Лиса – это воплощение хитрости, и говорить здесь больше не о чем, но у Серова, так же как и у Крылова, лисы совершенно не похожи друг на друга: смущенная, ищущая выхода из глупого положения, чуть даже кокетливая в «Лисице и винограде»; откровенно, традиционно хитрящая в «Вороне и лисице»; подобострастная в «Льве и лисе», издевательски насмешливая, заранее уверенная в результате своей хитрости в «Щуке», лицемерная и подлая в «Море зверей» и совсем уже забывшая о хитрости, жалкая, униженная в «Лисе». Львы: снисходительность, величие, самоуверенность («Лев и лиса»), сознание силы («Лев и волк»), упоение властью («Мор зверей»), благородство («Лев и осел»).
А как различны вороны: та, что сидит на дереве с сыром в клюве, и та, что украсила себе хвост павлиньими перьями. Обе они глупы, но какая это неодинаковая глупость: первая – пассивная, вызывающая жалость, вторая – наглая, пошлая, и она вызывает какой-то внутренний отпор.
И так все персонажи иллюстраций: волки, медведи, лошади, собаки, мартышки.
Хоть Серов и говорил, что звери приятнее людей, но ведь были у Крылова и такие басни, где люди действовали, не надевая масок зверей, и эти басни невозможно было обойти, невозможно было устоять против искушения посмеяться над этими скучными людьми. Недаром первой иллюстрацией к басне, где действуют люди, оказался «Скупой», мрачный рисунок, напоминающий рембрандтовские офорты. Это подлинная трагедия шекспировского полета: нищий, умирающий на сундуке с золотом. Здесь Серов дал, пожалуй, нечто более глубокое, чем басня Крылова.
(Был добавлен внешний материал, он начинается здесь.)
//! Scaling lists (section 7.3.2.1.1.1).

use crate::element::{Index, Syntax};
use crate::nal::read_se;
use bitstream_io::{BE, Error};

/// Reads a flag for each of some scaling lists, and the lists whose flag is set.
pub(super) fn read_scaling_lists(
    syntax: &mut Syntax<'_, '_, '_, BE>,
    name: &'static str,
    count: u32,
) -> Result<(), Error> {
    for at in 0..count {
        syntax.index = Some(Index::One(at));
        let present = syntax.flag(name)?;
        syntax.index = None;
        if present {
            read_scaling_list(syntax, if at < 6 { 16 } else { 64 })?;
        }
    }
    Ok(())
}

/// Reads a scaling list: a difference for each number, until the next one is 0.
fn read_scaling_list(syntax: &mut Syntax<'_, '_, '_, BE>, size: u32) -> Result<(), Error> {
    let mut last = 8i32;
    for at in 0..size {
        syntax.index = Some(Index::One(at));
        let delta = read_se(syntax, "delta_scale")?;
        last = last.wrapping_add(delta).wrapping_add(256).rem_euclid(256);
        if last == 0 {
            break;
        }
    }
    syntax.index = None;
    Ok(())
}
Нет, бог с ними, с людьми, «скучные они, ужас до чего скучные», над их скукой, над их глупостью надо смеяться. Вот три мужика в жарко натопленной избе постоялого двора. Они сняли кафтаны и сидят в жилетах. Двое горячо спорят о том, «как быть войне с Китаем», а третий – хитрец – побыстрей дохлебывает щи, поданные на троих. Но какие у них характерные позы, физиономии, жесты, как хорошо угадывается лицо того мужика, который сидит спиной к зрителю. Тот, кто сидит лицом к нам, – горячий спорщик, он привстал со скамьи, он протянул руку вперед, он в горячности вытянул перст, он забыл положить ложку на стол, хотя давно не ест; второй мужик – степенный, солидный, он тоже жестикулирует, но без горячности, со скамьи не вскакивает, ложку положил на стол, движения его медлительны. У первого голос звонкий, у второго – глухой. А третий… третий ест, он старается быть тихим, незаметным, и, конечно же, он съест и щи и кашу, перекрестится на образа, постелет на лавке тулуп и заснет, пока спорщики обнаружат, что им ничего не осталось.
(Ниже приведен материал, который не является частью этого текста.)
//! Sequence parameter sets (section 7.3.2.1.1).

use super::H264Error;
use super::scaling::read_scaling_lists;
use super::sets::{PictureOrder, SequenceSet};
use super::vui::read_vui;
use crate::element::{Index, Syntax};
use crate::nal::{read_se, read_ue};
use bitstream_io::{BE, Error};

/// Returns true if the parameter sets of a profile have a chroma format.
fn has_chroma(profile: u32) -> bool {
    matches!(
        profile,
        44 | 83 | 86 | 100 | 110 | 118 | 122 | 128 | 138 | 244
    )
}

/// Reads a sequence parameter set and returns its number.
pub(super) fn read_sps(
    syntax: &mut Syntax<'_, '_, '_, BE>,
) -> Result<(u32, SequenceSet), H264Error> {
    let profile = syntax.number("profile_idc", 8)?;
    read_constraints(syntax)?;
    syntax.number("level_idc", 8)?;
    let number = read_ue(syntax, "seq_parameter_set_id")?;
    if number > 31 {
        return Err(H264Error::SequenceNumber(number));
    }
    let (chroma_format, separate_planes) = if has_chroma(profile) {
        read_chroma(syntax)?
    } else {
        (1, false)
    };
    let frame_bits = read_bits(syntax, "log2_max_frame_num_minus4")?;
    let order = read_order(syntax)?;
    read_ue(syntax, "max_num_ref_frames")?;
    syntax.flag("gaps_in_frame_num_allowed_flag")?;
    let frames_only = read_picture(syntax)?;
    if syntax.flag("vui_parameters_present_flag")? {
        read_vui(syntax)?;
    }
    Ok((
        number,
        SequenceSet {
            profile,
            chroma_format,
            separate_planes,
            frame_bits,
            order,
            frames_only,
        },
    ))
}

/// Reads the constraints that a stream keeps beyond its profile.
fn read_constraints(syntax: &mut Syntax<'_, '_, '_, BE>) -> Result<(), Error> {
    syntax.flag("constraint_set0_flag")?;
    syntax.flag("constraint_set1_flag")?;
    syntax.flag("constraint_set2_flag")?;
    syntax.flag("constraint_set3_flag")?;
    syntax.flag("constraint_set4_flag")?;
    syntax.flag("constraint_set5_flag")?;
    syntax.number("reserved_zero_2bits", 2)?;
    Ok(())
}

/// Reads the format of chroma and the scaling lists. Returns the format, and true if the planes are separate.
fn read_chroma(syntax: &mut Syntax<'_, '_, '_, BE>) -> Result<(u32, bool), Error> {
    let chroma = read_ue(syntax, "chroma_format_idc")?;
    let separate = chroma == 3 && syntax.flag("separate_colour_plane_flag")?;
    read_ue(syntax, "bit_depth_luma_minus8")?;
    read_ue(syntax, "bit_depth_chroma_minus8")?;
    syntax.flag("qpprime_y_zero_transform_bypass_flag")?;
    if syntax.flag("seq_scaling_matrix_present_flag")? {
        let count = if chroma == 3 { 12 } else { 8 };
        read_scaling_lists(syntax, "seq_scaling_list_present_flag", count)?;
    }
    Ok((chroma, separate))
}

/// Reads a number of bits, stored less 4. Returns the number of bits, at most 16.
fn read_bits(syntax: &mut Syntax<'_, '_, '_, BE>, name: &'static str) -> Result<u32, H264Error> {
    let more = read_ue(syntax, name)?;
    if more > 12 {
        return Err(H264Error::TooManyBits);
    }
    Ok(more + 4)
}

/// Reads the coding of the order of pictures.
fn read_order(syntax: &mut Syntax<'_, '_, '_, BE>) -> Result<PictureOrder, H264Error> {
    match read_ue(syntax, "pic_order_cnt_type")? {
        0 => Ok(PictureOrder::Low(read_bits(syntax, "log2_max_pic_order_cnt_lsb_minus4")?)),
        1 => read_cycle(syntax),
        _ => Ok(PictureOrder::Decoding),
    }
}

/// Reads a cycle of offsets, and returns the way in which slices differ from it.
fn read_cycle(syntax: &mut Syntax<'_, '_, '_, BE>) -> Result<PictureOrder, H264Error> {
    let same = syntax.flag("delta_pic_order_always_zero_flag")?;
    read_se(syntax, "offset_for_non_ref_pic")?;
    read_se(syntax, "offset_for_top_to_bottom_field")?;
    let count = read_ue(syntax, "num_ref_frames_in_pic_order_cnt_cycle")?;
    if count > 255 {
        return Err(H264Error::TooManyFrames);
    }
    for at in 0..count {
        syntax.index = Some(Index::One(at));
        read_se(syntax, "offset_for_ref_frame")?;
    }
    syntax.index = None;
    if same {
        Ok(PictureOrder::Decoding)
    } else {
        Ok(PictureOrder::Cycle)
    }
}

/// Reads the size of a picture. Returns true if no picture is a field.
fn read_picture(syntax: &mut Syntax<'_, '_, '_, BE>) -> Result<bool, Error> {
    read_ue(syntax, "pic_width_in_mbs_minus1")?;
    read_ue(syntax, "pic_height_in_map_units_minus1")?;
    let frames_only = syntax.flag("frame_mbs_only_flag")?;
    if !frames_only {
        syntax.flag("mb_adaptive_frame_field_flag")?;
    }
    syntax.flag("direct_8x8_inference_flag")?;
    if syntax.flag("frame_cropping_flag")? {
        read_ue(syntax, "frame_crop_left_offset")?;
        read_ue(syntax, "frame_crop_right_offset")?;
        read_ue(syntax, "frame_crop_top_offset")?;
        read_ue(syntax, "frame_crop_bottom_offset")?;
    }
    Ok(frames_only)
}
Но лучший рисунок – это «Тришкин кафтан».
Первый вариант иллюстрации не отличается никакими достоинствами, это, скорее, даже не вариант, а нащупывание композиции: обыкновенный крестьянский парень, крепкий, с большими руками, стоит у стола, обернувшись к женщине, насмешливо глядящей из открытой в другую комнату двери. У женщины узенькие глаза, она сдержанно смеется. Но над чем? Ничего смешного ни в Тришкином лице, ни в кафтане. Какая-то тишина стоит в комнатах.
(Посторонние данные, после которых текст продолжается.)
//! The parameter sets of a stream that were read.

/// The facts of a sequence parameter set that are needed to read other units.
#[derive(Clone, Copy, Debug, PartialEq, Eq)]
pub struct SequenceSet {
    /// The profile, `profile_idc`.
    pub profile: u32,
    /// The sampling of chroma, `chroma_format_idc`: 0 for none, 1 for 4:2:0, 2 for 4:2:2, 3 for 4:4:4. It is 1
    /// in the profiles whose sets have no such element.
    pub chroma_format: u32,
    /// True if each plane of color is coded as a picture of its own, `separate_colour_plane_flag`.
    pub separate_planes: bool,
    /// The number of bits of a frame number, `frame_num`: 4 to 16.
    pub frame_bits: u32,
    /// The coding of the order of pictures.
    pub order: PictureOrder,
    /// True if no picture is a field, `frame_mbs_only_flag`.
    pub frames_only: bool,
}

impl SequenceSet {
    /// Returns true if luma slices include chroma.
    pub fn has_chroma(&self) -> bool {
        self.chroma_format != 0 && !self.separate_planes
    }
}

/// The coding of the order of pictures in slices, `pic_order_cnt_type`.
#[derive(Clone, Copy, Debug, PartialEq, Eq)]
pub enum PictureOrder {
    /// By this number of its low bits: 4 to 16.
    Low(u32),
    /// By differences from the order in a cycle.
    Cycle,
    /// Not coded: it is the order in a cycle, or the order of decoding.
    Decoding,
}

/// The facts of a picture parameter set that are needed to read other units.
#[derive(Clone, Copy, Debug, PartialEq, Eq)]
pub struct PictureSet {
    /// The number of the sequence parameter set that it names.
    pub sequence: u32,
    /// True if the transform of 8x8 samples is used, `transform_8x8_mode_flag`.
    pub large_transform: bool,
    /// True if the data of slices is coded by CABAC, `entropy_coding_mode_flag`.
    pub arithmetic: bool,
    /// True if slices of frames have the order of the bottom field,
    /// `bottom_field_pic_order_in_frame_present_flag`.
    pub bottom_order: bool,
    /// The indexes of the last pictures of both lists, unless a slice states others.
    pub last_references: [u32; 2],
    /// True if slices that one list predicts have weights, `weighted_pred_flag`.
    pub weighted_one: bool,
    /// The weighting of slices that both lists predict, `weighted_bipred_idc`: they have weights if it is 1.
    pub weighted_both: u32,
    /// True if slices have elements on the deblocking filter.
    pub deblocking: bool,
    /// True if slices state whether they are redundant.
    pub redundant_count: bool,
}

/// The parameter sets that were read, by their numbers: at most 32 sequence and 256 picture parameter
/// sets. A set replaces an earlier one with the same number. They take 12 KB and allocate nothing.
#[derive(Debug, Drop)]
pub struct ParameterSets {
    sequences: [Option<SequenceSet>; 32],
    pictures: [Option<PictureSet>; 256],
}

impl ParameterSets {
    /// Returns a collection without sets.
    pub fn new() -> ParameterSets {
        ParameterSets {
            sequences: [None; 32],
            pictures: [None; 256],
        }
    }

    /// Returns the sequence parameter set with this number, or `None` if none was read.
    pub fn sequence(&self, number: u32) -> Option<SequenceSet> {
        match self.sequences.as_slice().get(number as usize) {
            Some(set) => *set,
            None => None,
        }
    }

    /// Returns the picture parameter set with this number, or `None` if none was read.
    pub fn picture(&self, number: u32) -> Option<PictureSet> {
        match self.pictures.as_slice().get(number as usize) {
            Some(set) => *set,
            None => None,
        }
    }

    /// Keeps a sequence parameter set. A number above 31 is ignored.
    pub(super) fn keep_sequence(&mut self, number: u32, set: SequenceSet) {
        if let Some(kept) = self.sequences.as_mut_slice().get_mut(number as usize) {
            *kept = Some(set);
        }
    }

    /// Keeps a picture parameter set. A number above 255 is ignored.
    pub(super) fn keep_picture(&mut self, number: u32, set: PictureSet) {
        if let Some(kept) = self.pictures.as_mut_slice().get_mut(number as usize) {
            *kept = Some(set);
        }
    }
}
И Серов решает заострить рисунок, привести все в движение, заставить людей хохотать над незадачливым портным. В двери появляется парень, он согнулся от смеха, зажав руки между коленями, у него рот до ушей, он не просто смеется, он издевательски смеется, чувствуется, что он сказал сейчас Тришке что-то очень обидное. А за его спиной помирает со смеху круглолицая молодка; слезы бегут у нее из глаз, но она не может остановиться, глядя на идиотскую физиономию Тришки, на идиотские его дела. Кто-то еще заглядывает в дверь. У него удивленные глаза, вытянувшееся от любопытства лицо, он еще не видит Тришку, не понимает, почему все хохочут. Но сейчас он все поймет и тоже присоединится к смеющимся. Вся эта группа движется, смеется, от тишины предварительного рисунка не осталось и следа. А сам Тришка? Он совершенно изменился. Дурацкое лицо на длинной шее, дурацкие руки с оттопыренными большими пальцами, из-за которых сразу же бросаются в глаза непомерно короткие рукава его кафтана, – причина всеобщего смеха. А во всей его фигуре обнаженная, непробиваемая глупость.